Required work: Determine how many lines below contain the string "Rewriter" and give that number without anything else.

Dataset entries
==============================

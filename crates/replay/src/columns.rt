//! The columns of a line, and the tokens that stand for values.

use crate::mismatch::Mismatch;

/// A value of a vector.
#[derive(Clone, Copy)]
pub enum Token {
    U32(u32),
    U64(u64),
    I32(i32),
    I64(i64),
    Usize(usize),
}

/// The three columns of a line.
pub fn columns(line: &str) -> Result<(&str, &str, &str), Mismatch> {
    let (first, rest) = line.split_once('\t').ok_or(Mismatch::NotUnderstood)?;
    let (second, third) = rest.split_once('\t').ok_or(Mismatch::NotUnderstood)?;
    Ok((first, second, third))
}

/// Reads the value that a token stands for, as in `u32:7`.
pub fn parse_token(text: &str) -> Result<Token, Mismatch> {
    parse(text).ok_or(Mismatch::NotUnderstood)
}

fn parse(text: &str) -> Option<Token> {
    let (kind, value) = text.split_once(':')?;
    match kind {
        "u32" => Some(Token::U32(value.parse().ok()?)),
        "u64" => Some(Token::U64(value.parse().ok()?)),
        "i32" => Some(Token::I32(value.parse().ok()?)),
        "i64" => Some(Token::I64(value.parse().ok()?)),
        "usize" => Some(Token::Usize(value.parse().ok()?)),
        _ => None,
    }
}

==============================

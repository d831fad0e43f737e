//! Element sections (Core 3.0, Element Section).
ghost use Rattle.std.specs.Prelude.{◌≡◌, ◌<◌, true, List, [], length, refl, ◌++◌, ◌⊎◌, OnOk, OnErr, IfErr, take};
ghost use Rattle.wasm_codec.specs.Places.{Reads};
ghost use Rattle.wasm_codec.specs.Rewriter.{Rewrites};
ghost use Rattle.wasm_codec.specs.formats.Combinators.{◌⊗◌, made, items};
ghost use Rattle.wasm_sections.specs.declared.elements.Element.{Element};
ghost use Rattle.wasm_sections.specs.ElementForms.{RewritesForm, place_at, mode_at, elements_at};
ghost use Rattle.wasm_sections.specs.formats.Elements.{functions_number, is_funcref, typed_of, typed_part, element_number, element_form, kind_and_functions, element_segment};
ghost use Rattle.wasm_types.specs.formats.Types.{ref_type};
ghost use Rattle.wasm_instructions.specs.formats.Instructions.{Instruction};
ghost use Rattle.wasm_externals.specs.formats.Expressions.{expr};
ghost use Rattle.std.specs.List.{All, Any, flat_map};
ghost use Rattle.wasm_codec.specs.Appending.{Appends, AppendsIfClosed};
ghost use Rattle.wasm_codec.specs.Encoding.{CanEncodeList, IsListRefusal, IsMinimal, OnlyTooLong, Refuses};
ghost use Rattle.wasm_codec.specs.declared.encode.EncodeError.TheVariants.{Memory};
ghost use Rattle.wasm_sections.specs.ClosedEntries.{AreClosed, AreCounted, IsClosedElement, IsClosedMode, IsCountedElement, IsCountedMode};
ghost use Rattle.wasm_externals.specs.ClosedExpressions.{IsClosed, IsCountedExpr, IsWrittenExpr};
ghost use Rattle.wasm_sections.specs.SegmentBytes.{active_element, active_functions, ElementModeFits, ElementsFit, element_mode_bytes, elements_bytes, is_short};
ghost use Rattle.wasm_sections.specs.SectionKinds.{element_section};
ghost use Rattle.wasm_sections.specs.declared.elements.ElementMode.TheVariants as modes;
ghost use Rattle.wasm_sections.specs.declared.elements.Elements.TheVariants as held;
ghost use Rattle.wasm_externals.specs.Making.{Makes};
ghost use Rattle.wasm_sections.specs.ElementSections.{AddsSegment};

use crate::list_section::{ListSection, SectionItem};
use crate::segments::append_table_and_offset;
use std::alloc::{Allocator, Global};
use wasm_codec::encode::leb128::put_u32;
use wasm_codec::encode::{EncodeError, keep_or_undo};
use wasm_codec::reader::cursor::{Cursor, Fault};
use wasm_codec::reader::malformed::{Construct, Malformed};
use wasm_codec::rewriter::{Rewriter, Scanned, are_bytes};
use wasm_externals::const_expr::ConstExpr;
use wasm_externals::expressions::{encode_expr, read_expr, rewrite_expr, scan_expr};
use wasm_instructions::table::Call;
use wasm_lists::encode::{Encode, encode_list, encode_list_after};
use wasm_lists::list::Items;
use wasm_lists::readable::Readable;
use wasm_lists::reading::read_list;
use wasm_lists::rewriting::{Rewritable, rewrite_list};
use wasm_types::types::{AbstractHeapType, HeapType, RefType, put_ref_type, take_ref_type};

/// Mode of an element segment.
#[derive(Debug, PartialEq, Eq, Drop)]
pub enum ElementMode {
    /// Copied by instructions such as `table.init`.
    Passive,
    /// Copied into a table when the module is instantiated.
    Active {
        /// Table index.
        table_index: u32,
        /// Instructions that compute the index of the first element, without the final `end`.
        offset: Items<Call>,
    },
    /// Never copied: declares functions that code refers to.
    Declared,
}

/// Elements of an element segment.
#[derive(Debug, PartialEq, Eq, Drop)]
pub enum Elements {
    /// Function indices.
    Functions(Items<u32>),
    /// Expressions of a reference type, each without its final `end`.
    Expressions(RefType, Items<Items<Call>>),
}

==============================

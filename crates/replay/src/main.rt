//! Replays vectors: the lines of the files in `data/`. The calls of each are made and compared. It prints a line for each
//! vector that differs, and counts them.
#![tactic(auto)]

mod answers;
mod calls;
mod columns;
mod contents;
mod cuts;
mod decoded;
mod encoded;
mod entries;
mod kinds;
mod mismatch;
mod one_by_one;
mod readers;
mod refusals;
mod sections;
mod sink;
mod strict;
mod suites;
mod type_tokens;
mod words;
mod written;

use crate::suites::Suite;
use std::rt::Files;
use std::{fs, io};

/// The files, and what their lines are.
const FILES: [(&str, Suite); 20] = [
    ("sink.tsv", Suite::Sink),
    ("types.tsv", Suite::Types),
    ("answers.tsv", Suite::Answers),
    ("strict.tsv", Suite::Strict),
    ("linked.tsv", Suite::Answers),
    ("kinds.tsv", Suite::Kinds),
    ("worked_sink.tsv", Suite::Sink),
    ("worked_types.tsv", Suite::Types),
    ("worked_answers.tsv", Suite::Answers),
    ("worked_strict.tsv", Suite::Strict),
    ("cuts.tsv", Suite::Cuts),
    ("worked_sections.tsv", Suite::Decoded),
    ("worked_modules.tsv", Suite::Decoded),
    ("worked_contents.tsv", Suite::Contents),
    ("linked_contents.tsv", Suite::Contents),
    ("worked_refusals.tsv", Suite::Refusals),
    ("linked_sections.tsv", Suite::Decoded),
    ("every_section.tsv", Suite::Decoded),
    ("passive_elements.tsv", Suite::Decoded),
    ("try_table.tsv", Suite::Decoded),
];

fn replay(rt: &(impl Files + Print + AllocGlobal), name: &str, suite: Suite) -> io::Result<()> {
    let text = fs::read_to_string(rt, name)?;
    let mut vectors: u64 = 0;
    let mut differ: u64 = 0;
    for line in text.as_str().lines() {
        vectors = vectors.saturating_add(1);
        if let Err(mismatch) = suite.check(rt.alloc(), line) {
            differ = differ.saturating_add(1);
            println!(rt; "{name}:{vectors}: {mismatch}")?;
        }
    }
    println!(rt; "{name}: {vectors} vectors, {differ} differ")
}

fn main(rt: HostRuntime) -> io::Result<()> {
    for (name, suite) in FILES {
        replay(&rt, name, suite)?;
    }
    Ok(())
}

==============================

Output for this task: 2